Describes a procedure in Algol 60 to emulate various dynamically sized arrays in one fixed array. The arrays are named by numbers, so the store procedure is defined as store(val): at (i): in array (a); int val, i, a;.

* George E. Collins, "A method for overlapping and erasure of lists", Commun. ACM, 3, #12, pp. 655-657. Dec. 1960,
Newell, Shaw and Simon [1957] have shown how to make lists share common data (creating dags in our terminology), and the author points out that this causes difficulties when a list is freed ("erased"). The problem is solved by introducing reference counts, unknown in 1960, but with a number of built-in optimizations.
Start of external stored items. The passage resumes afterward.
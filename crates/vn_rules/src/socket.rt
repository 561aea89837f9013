use bytes::Bytes;
use vn_types::{HalfId, IfOf, Ip4, List, SockName};

/// The most datagrams that a socket keeps.
pub const RECEIVED_MAX: usize = 32;

/// A datagram that a socket has received (RFC 768), with the interface by which it came.
#[derive(Drop)]
pub struct GramOf<N> {
    pub src: Ip4,
    pub sport: u16,
    pub octets: Bytes,
    pub via: IfOf<N>,
}

/// A received datagram, as the tables name its interface.
pub type Gram = GramOf<HalfId>;

/// The address and port that a socket is connected to.
#[derive(Clone, Copy, PartialEq, Eq)]
pub struct Peer {
    pub ip: Ip4,
    pub port: u16,
}

/// An open UDP socket (udp(4)).
pub struct SocketOf<N> {
    pub name: SockName,
    /// Unset where the socket has no local address.
    pub ip: Option<Ip4>,
    /// Unset where the socket has no local port.
    pub port: Option<u16>,
    pub peer: Option<Peer>,
    /// The TTL of what it sends, where it was set.
    pub ttl: Option<u8>,
    /// Whether ECONNREFUSED is pending.
    pub refused: bool,
    /// The received datagrams, oldest first.
    pub queue: List<GramOf<N>>,
}
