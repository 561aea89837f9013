ghost use Rattle.std.specs.Prelude.{◌≡◌};
ghost use Rattle.vn_types.specs.Interfaces.{half_id_eq, if_same};

use vn_types::{HalfId, If, IfOf, Ip4, List, same_interface};

/// An echo request whose reply is awaited (ping(8)).
#[derive(Clone, Copy, PartialEq, Eq)]
pub struct PingOf<N> {
    pub id: u16,
    pub src: Ip4,
    pub dst: Ip4,
    /// The interface by which the request went out.
    pub out: IfOf<N>,
    /// The arm number of its timer.
    pub arm: u64,
}

/// The awaited pings of a stack, in order of sending, and the identifier of the next one.
pub struct PingsOf<N> {
    pub next: u16,
    pub awaited: List<PingOf<N>>,
}

/// An awaited ping, as the tables name its interface.
pub type Ping = PingOf<HalfId>;

impl PingOf<HalfId> {
    /// Whether the request went out by the interface.
    pub fn is_on(self, on: If) -> bool
        ensures { result ≡ if_same half_id_eq self.out on }
    {
        same_interface(self.out, on)
    }
}
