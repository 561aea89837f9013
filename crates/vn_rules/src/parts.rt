use crate::address::AddrOf;
use crate::arp::ArpEntryOf;
use crate::ping::PingsOf;
use crate::route::TargetOf;
use crate::socket::SocketOf;
use crate::timer::TimersOf;
use crate::variable::Variable;
use bytes::Bytes;
use vn_types::{IfOf, List, Prefix};

/// The most datagrams that are on their way through lo0 at a time.
pub const LOOPBACK_MAX: usize = 256;

/// The most frames that wait in each of the two queues of a pair.
pub const SENT_MAX: usize = 128;

/// How many frames, packets and datagrams a stack dropped, by cause (netstat(1), `-s`).
#[derive(Clone, Copy, PartialEq, Eq)]
pub struct Drops {
    pub link: u64,
    pub arp: u64,
    pub ip: u64,
    pub icmp: u64,
    pub udp: u64,
    /// Lost at a full queue.
    pub full: u64,
}

/// All that a living stack keeps, but its place among the jails.
pub struct PartsOf<N> {
    /// The declared variables, in order of declaration.
    pub variables: List<Variable>,
    /// In order of attachment.
    pub interfaces: List<IfOf<N>>,
    /// In order of adding.
    pub addresses: List<AddrOf<N>>,
    /// By network, then by length; no prefix stands twice.
    pub routes: List<(Prefix, TargetOf<N>)>,
    /// In order of making.
    pub arp: List<ArpEntryOf<N>>,
    /// In order of opening.
    pub sockets: List<SocketOf<N>>,
    pub timers: TimersOf<N>,
    /// The datagrams on their way through lo0, oldest first.
    pub loopback: List<Bytes>,
    pub pings: PingsOf<N>,
    /// The identification of the next datagram (RFC 791, section 3.1).
    pub ident: u16,
    pub drops: Drops,
}
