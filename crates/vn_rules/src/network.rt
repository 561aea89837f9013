ghost use Rattle.std.specs.Prelude.{◌≡◌, ◌-◌, ◌^◌};
ghost use Rattle.vn_rules.specs.Networks.{network_of, directed_broadcast, first_octet, is_no_host, is_loopback, lies_in};

use vn_types::{Ip4, Prefix};

/// How many addresses begin with the same bits, as many as the length says. A length above 32 counts as 32.
fn network_size(len: u8) -> u64
    ensures { result ≡ 2 ^ (32 - len) }
{
    1 << 32u8.saturating_sub(len)
}

/// The address with the bits past the length cleared.
#[tactic(auto, unfolding(crate::specs::Networks::network_of))]
pub fn network_of(ip: Ip4, len: u8) -> Ip4
    ensures { result ≡ network_of ip len }
{
    let size = network_size(len);
    let network = u64::from(ip.0) / size * size;
    Ip4(network as u32)
}

/// The address with the bits past the length set (RFC 1122, section 3.2.1.3).
#[tactic(auto, unfolding(crate::specs::Networks::directed_broadcast))]
pub fn directed_broadcast(ip: Ip4, len: u8) -> Ip4
    ensures { result ≡ directed_broadcast ip len }
{
    let Ip4(network) = network_of(ip, len);
    let last = u64::from(network) + (network_size(len) - 1);
    Ip4(last as u32)
}

/// Whether the address lies in the network.
#[tactic(auto, unfolding(crate::specs::Networks::lies_in))]
pub fn lies_in(ip: Ip4, to: Prefix) -> bool
    ensures { result ≡ lies_in ip to }
{
    network_of(ip, to.len).0 == to.net.0
}

/// Whether no host has the address: it is in `this' network, in the classes D or E, or the limited
/// broadcast address (RFC 1122, section 3.2.1.3).
pub fn is_no_host(ip: Ip4) -> bool
    ensures { result ≡ is_no_host ip }
{
    let octet = first_octet(ip);
    octet == 0 || octet > 223
}

/// Whether the address never leaves its host (RFC 1122, section 3.2.1.3).
pub fn is_loopback(ip: Ip4) -> bool
    ensures { result ≡ is_loopback ip }
{
    first_octet(ip) == 127
}

#[tactic(auto, unfolding(crate::specs::Networks::first_octet))]
fn first_octet(ip: Ip4) -> u8
    ensures { result ≡ first_octet ip }
{
    (ip.0 >> 24) as u8
}
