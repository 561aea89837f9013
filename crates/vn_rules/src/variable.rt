ghost use Rattle.std.specs.Prelude.{◌≡◌};
ghost use Rattle.vn_rules.specs.Variables.{allows};

use vn_types::Name;

/// A variable of a stack with its value (sysctl(8), VNET(9)).
pub struct Variable {
    pub name: Name,
    pub value: u64,
}

/// The least and the greatest value of a variable, and the value that each stack starts with.
#[derive(Clone, Copy)]
pub struct Bounds {
    pub initial: u64,
    pub least: u64,
    pub greatest: u64,
}

impl Bounds {
    /// Whether the variable may take a value.
    pub fn allows(self, value: u64) -> bool
        ensures { result ≡ allows self value }
    {
        self.least <= value && value <= self.greatest
    }
}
An implementation is described for the IBM 704, 709 and 7090. Thes machines have 36 bits words and 15 bits addresses. Each word accessible by a pointer (a "location word") contains a 21 bits descriptor and a 15 bits address of the next link. The descriptor contains 2 type bits and a 15 bits segment (plus 4 unused bits). For shared data, these 15 bits contain a pointer to reference-counted object; for non-shared data that will not fit in 15 bits, the 15 bits contain a pointer to the data, and for non-shared data that fits in 15 bits, the 15 bits contain the data. When non-shared data gerts shared, it is endowed with a reference count; when the reference count drops to 1, the data format reverts to non-shared. So the reference count is always greater than 1.